The review revealed that the hybrid waterfall/agile development model, coupled with a lack of automation, was causing unnecessary delays and high release costs. The key gaps were identified in agility, scalability, and compliance-readiness.
Datavid’s modernization approach focused on two core areas:
1. Architecture: AWS-powered, resilient, and compliant
A report was delivered outlining how to optimize the system for performance and cost-efficiency. Key enhancements included:
- Migrated the on-premise MarkLogic platform to a multi-zone AWS cluster.
- Integrated MarkLogic Data Hub Framework (DHF) with Snowflake to support real-time ingestion and harmonization of structured and unstructured clinical data.
- Standardizing clinical data formats to make regulatory submissions smoother, faster, and fully compliant.
- Adverse Event Reporting (AERO) and Study Build Automation features for operational streamlining.
- Implemented IaC, event-driven execution, and centralized monitoring for better efficiency and traceability.
2. Delivery model: Continuous, automated, and scalable
Datavid proposed and implemented a continuous delivery pipeline, replacing manual handoffs with automated regression testing and streamlined deployment to production. This shift eliminated bottlenecks and enabled faster, more reliable releases across the clinical data ecosystem.
To minimize disruption, multiple proofs of concept (PoCs) were carried out before the full rollout. These PoCs validated the architecture’s scalability and compliance readiness, building stakeholder confidence and aligning teams across vendors and internal groups.
The transformation followed a phased implementation strategy:
The delivery pipeline was further strengthened by pre-built accelerators, automated migration scripts, and a standardized project plan, enabling low-risk adoption and a seamless transition to the AWS cloud.
Today, both areas are in continuous development, and Roche is already seeing tangible benefits in terms of speed, quality, and user satisfaction.
The Outcomes
Accelerating research with a smarter, scalable data platform
Through a complete overhaul of the system architecture and automation of the delivery pipeline, the transformation achieved substantial improvements across key performance indicators: significantly better system performance, accelerated release cycles, and cost savings in the tens of millions.

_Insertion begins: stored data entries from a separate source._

// What a certificate holds, and why bytes are none. Nothing is asked of a certificate here: one that
// was read may have any environments and any trees.
ghost use Rattle.std.specs.Prelude.{◌≡◌};
ghost use Rattle.plc_cert.specs.declared.cert.CertFault.TheVariants.{Memory};

use plc_base::{Items, NoMemory};
use plc_ground::Tree;
use plc_type::Env;

/// What shows that a file is safe.
#[derive(Drop)]
pub struct Cert {
    /// The version of the format, 1 or 2. The two have one form; which one a file asks for is judged elsewhere.
    pub version: u8,
    /// An environment for each point, in order. The types of shared pointers aren't written, so one
    /// that was read has none.
    pub env: Items<Env>,
    /// A tree for each obligation, in order.
    pub trees: Items<Tree>,
}

/// Why bytes are no certificate.
#[derive(Clone, Copy, PartialEq, Eq)]
pub enum CertFault {
    /// They are no JSON text.
    NotJson,
    /// A part isn't of its form: the first in the order of `CertField`.
    Shape { field: CertField },
    /// The version is another than 1 and 2. It comes after `Root` and before `Env`.
    Version { n: u64 },
    /// Memory ran out.
    Memory,
}

/// The part of a certificate that isn't of its form.
#[derive(Clone, Copy, PartialEq, Eq)]
pub enum CertField {
    /// The whole: no object, or one whose members aren't just `env`, `trees` and `version`.
    Root,
    /// `version` is no whole number from 0 and below 2^64.
    Version,
    /// `env` is no list of environments.
    Env,
    /// `trees` is no list of trees.
    Trees,
}

impl From<NoMemory> for CertFault {
    ghost from_gives = { λ _ fault. fault ≡ Memory };

    fn from(_e: NoMemory) -> CertFault {
        CertFault::Memory
    }
}
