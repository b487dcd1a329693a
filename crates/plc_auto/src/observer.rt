// The observer of a file says which frees are allowed. It reads the history once for each thread
// and each address and stands in one of its locations; a history that leads to `bad` isn't allowed.
// (Meyer and Wolff, POPL 2019, have observers as automata; hazard pointers are Michael's, 2004,
// epochs Fraser's, 2004.)
ghost use Rattle.std.specs.Prelude.{◌≡◌, ◌<◌, slice_get, IfSome, Some};
ghost use Rattle.plc_auto.specs.Table.{count_of, names_of, step, target_of};

use crate::event::EvKind;
use crate::table::{epoch_name, epoch_step, hazard_name, hazard_step, plain_name, plain_step};
use plc_base::{FuncId, LocId};

/// When a reclaimer may free.
#[derive(Clone, Copy, Debug)]
pub enum Observer {
    /// Each address once after each retirement.
    Plain,
    /// As `Plain`, and no address that a thread has protected by this function before its retirement.
    Hazard(FuncId),
    /// As `Plain`, and no address that was retired while a thread was between the return of the
    /// first function (enter) and the call of the second (leave).
    Epoch(FuncId, FuncId),
}

impl Observer {
    /// How many live locations there are, 2 or 7. They are numbered from 0 in the table's order,
    /// and the first is initial.
    pub fn count(&self) -> u16
        ensures { result ≡ count_of self.now }
    {
        match self {
            Observer::Plain => 2,
            Observer::Hazard(_) => 7,
            Observer::Epoch(_, _) => 7,
        }
    }

    /// The name of a location, which must be below `count`. It begins with `r` where the address
    /// is retired there, and with `u` where it isn't.
    pub fn name(&self, l: LocId) -> &[u8]
        requires { l.0 < count_of self.now }
        ensures { slice_get (names_of self.now) l.0 ≡ Some result.now }
    {
        match self {
            Observer::Plain => plain_name(l),
            Observer::Hazard(_) => hazard_name(l),
            Observer::Epoch(_, _) => epoch_name(l),
        }
    }

    /// Where an event leads from a location, which must be below `count`: the location after it, or
    /// `None` exactly where it leads to `bad`. `own` says whether the thread that is watched calls or
    /// returns, and `this` whether the event names the address that is watched; a free has no
    /// thread, and a return and null have no address, so that `own` and `this` are false there.
    #[tactic(auto, unfolding(crate::specs::Table::step))]
    pub fn step(&self, l: LocId, kind: EvKind, own: bool, this: bool) -> Option<LocId>
        requires { l.0 < count_of self.now }
        ensures target { target_of result ≡ step self.now l.0 kind own this }
        ensures live { IfSome result (λ k. k.0 < count_of self.now) }
    {
        match self {
            Observer::Plain => plain_step(l, kind, own, this),
            Observer::Hazard(f) => hazard_step(*f, l, kind, own, this),
            Observer::Epoch(enter, leave) => epoch_step(*enter, *leave, l, kind, own, this),
        }
    }
}
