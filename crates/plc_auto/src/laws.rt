// What the layers above use of observers and the histories that they read, each a law on the definitions
// alone. A function without a body carries it in its contract, so that it is proved where the observers are.
ghost use Rattle.std.specs.Prelude.{◌≡◌, ℕ, true, false, Some};
ghost use Rattle.plc_auto.specs.Table.{is_well_formed};
ghost use Rattle.plc_auto.specs.Location.{is_this};
ghost use Rattle.plc_auto.specs.Laws.{LocationsFollowHistories, AllowedByTheLast, LettersTurn};
ghost use Rattle.plc_auto.specs.Laws.{RetiredForAllThreads, FreesFollowRetirements, FarEventsMoveNothing};
ghost use Rattle.plc_auto.specs.declared.observer.Observer.{Observer};

/// The location after one event more, that it is live, and that `bad` is never left.
pub fn locations_follow_histories()
    ensures { (o : Observer) → LocationsFollowHistories o }
{}

/// Which histories are allowed, by their prefixes and by their last event.
pub fn histories_are_judged_by_the_last()
    ensures { (o : Observer) (threads : ℕ) → AllowedByTheLast o threads }
{}

/// Only a retirement and a free of the address change the first letter of a location.
pub fn letters_turn()
    ensures { (o : Observer) → is_well_formed o ≡ true → LettersTurn o }
{}

/// Which addresses are retired doesn't depend on the thread.
pub fn retired_for_all_threads()
    ensures { (o : Observer) → is_well_formed o ≡ true → RetiredForAllThreads o }
{}

/// A history without a call of `retire` allows no free, and an address isn't freed where it isn't
/// retired or is safe.
pub fn frees_follow_retirements()
    ensures { (o : Observer) → FreesFollowRetirements o }
{}

/// Null is never the address that is watched.
pub fn null_is_other()
    ensures { (a : ℕ) → is_this (Some 0) a ≡ false }
{}

/// An event neither by a thread nor on an address leaves the location of that thread for that address.
pub fn far_events_move_nothing()
    ensures { (o : Observer) → FarEventsMoveNothing o }
{}
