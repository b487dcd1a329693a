// What an event does to the rows, step by step. What takes memory comes first: wider rows, where a thread is heard for
// the first time, and the row that the event may need.
ghost use Rattle.std.specs.Prelude.{◌≡◌, ◌==◌, filter, map, IfOk, OnOk, OnErr, Some};
ghost use Rattle.std.specs.List.{list_any, position};
ghost use Rattle.plc_auto.specs.Locations.{is_known, is_needed, has_row, with_row, to_end, in_order};
ghost use Rattle.plc_auto.specs.Locations.{row_after, row_of, first_free_of, wider};
ghost use Rattle.plc_auto.specs.Moves.{named_after, one_elsewhere, all_elsewhere};

use crate::event::{EvKind, Event};
use crate::observer::Observer;
use crate::row::Row;
use crate::watcher::{Watcher, is_by, is_own};
use plc_base::NoMemory;
use std::alloc::Global;

/// Whether a thread has watchers of its own.
pub fn is_known(t: u32, watchers: &[Watcher]) -> bool
    ensures { result ≡ is_known (Some t) watchers.now }
{
    watchers.iter().any(|w| is_by(Some(t), w.thread))
}

/// Whether an address has a row.
fn holds_row(a: u32, rows: &[Row]) -> bool
    ensures { result ≡ list_any (λ r. r.address == a) rows.now }
{
    rows.iter().any(|row| row.address() == a)
}

/// Whether an address has a row, or is null, which needs none.
fn has_row(a: u32, rows: &[Row]) -> bool
    ensures { result ≡ has_row a rows.now }
{
    a == 0 || holds_row(a, rows)
}

/// The row of an address, or that of the others.
pub fn row_of<'a>(rows: &'a [Row], others: &'a Row, a: u32) -> &'a Row
    ensures { result.now.at ≡ row_of rows.now others.now.at a }
{
    for row in rows {
        if row.address() == a {
            return row;
        }
    }
    others
}

/// The address of the first row that is retired and that no watcher keeps.
pub fn first_free_of(rows: &[Row]) -> Option<u32>
    ensures { result ≡ first_free_of rows.now }
{
    rows.iter()
        .find(|row| row.is_free())
        .map(|row| row.address())
}

/// These rows, each with its first `n` watchers once more.
pub fn wider_rows(alloc: Global, n: usize, rows: &[Row]) -> Result<Vec<Row>, NoMemory>
    ensures { IfOk result (λ more. more.items ≡ map (wider n) rows.now) }
{
    let mut more = Vec::new(alloc);
    for row in rows {
        more.push(row.wider(alloc, n)?)?;
    }
    Ok(more)
}

/// A row more, if the address has none: where the others stand, and not retired. Where memory runs out
/// the rows are as they were.
pub fn add_row(alloc: Global, a: u32, others: &Row, rows: &mut Vec<Row>) -> Result<(), NoMemory>
    ensures ok { OnOk result (rows.new.items ≡ with_row a others.now.at rows.old.items) }
    ensures err { OnErr result (rows.new.items ≡ rows.old.items) }
{
    if has_row(a, rows) {
        return Ok(());
    }
    let row = others.for_address(alloc, a)?;
    rows.push(row)?;
    Ok(())
}

/// The place of the first row of an address.
fn place_of(rows: &[Row], a: u32) -> Option<usize>
    ensures { result ≡ position (λ r. r.address == a) rows.now }
{
    rows.iter().position(|row| row.address() == a)
}

/// Puts the row of an address last, unless it is retired already.
fn put_last(rows: &mut [Row], a: u32)
    ensures { rows.new ≡ to_end a rows.old }
{
    if let Some(place) = place_of(rows, a) {
        if !rows[place].retired() {
            rows[place..].rotate_left(1);
        }
    }
}

/// Puts the row last of an address that begins to be retired.
pub fn put_in_order(rows: &mut Vec<Row>, e: &Event)
    ensures { rows.new.items ≡ in_order e.now rows.old.items }
{
    if let EvKind::Call(f) = e.kind() {
        if f.is_retire() {
            put_last(rows, e.address());
        }
    }
}

/// Moves the row that an event names.
fn move_named(rows: &mut [Row], e: &Event, watchers: &[Watcher])
    ensures { rows.new ≡ map (named_after e.now watchers.now) rows.old }
{
    if e.address() == 0 {
        return;
    }
    for row in rows.iter_mut() {
        row.hear_named(e, watchers);
    }
}

/// Moves one watcher by a kind of event of its thread, in every row but that of the address that the
/// event names.
fn move_one(rows: &mut [Row], observer: &Observer, kind: EvKind, named: u32, i: usize)
    ensures { rows.new ≡ map (one_elsewhere observer.now kind named i) rows.old }
{
    for row in rows.iter_mut() {
        row.hear_elsewhere(observer, kind, named, i);
    }
}

/// Moves the watchers of an event's thread in every row that the event doesn't name. No other watcher
/// moves there.
fn move_own(rows: &mut [Row], e: &Event, watchers: &[Watcher])
    ensures { rows.new ≡ map (all_elsewhere e.now watchers.now) rows.old }
{
    let kind = e.kind();
    let named = e.address();
    for i in 0..watchers.len() {
        if is_own(e, &watchers[i]) {
            move_one(rows, &watchers[i].observer, kind, named, i);
        }
    }
}

/// Moves all rows by an event.
pub fn move_rows(rows: &mut [Row], e: &Event, watchers: &[Watcher])
    ensures { rows.new ≡ map (row_after e.now watchers.now) rows.old }
{
    move_named(rows, e, watchers);
    move_own(rows, e, watchers);
}

/// Drops the rows that aren't needed beside that of the others.
pub fn drop_rows(rows: &mut Vec<Row>, others: &Row)
    ensures { rows.new.items ≡ filter (is_needed others.now.at) rows.old.items }
{
    rows.retain(|row| row.is_needed(others));
}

The migration to a cloud-native architecture on AWS, supported by a fully automated continuous delivery pipeline, enabled Roche to unlock substantial scale and agility.
Key results include:
- 1+ billion documents processed
- 360+ clinical trials managed within the platform
- 50+ terabytes of harmonized clinical data
- ~2 days of downtime during final production migration
- TCO reduced through AWS auto-scaling and infrastructure optimization
- Release cycles shortened from weeks to days
- Enhanced ingestion speeds and improved search performance
These foundational improvements have led to a platform that delivers measurable value across the organization:
- Minimized manual data wrangling, allowing teams to focus on innovation and insights
- Seamless support for multiple concurrent studies, each generating millions of records
- End-to-end compliance with pharmaceutical regulations, including audit trails, role-based access controls, and metadata lineage for full traceability
Together, these results have positioned Roche’s DCH platform as a strategic asset, delivering faster, more reliable access to critical clinical data and a significantly higher return on infrastructure investment.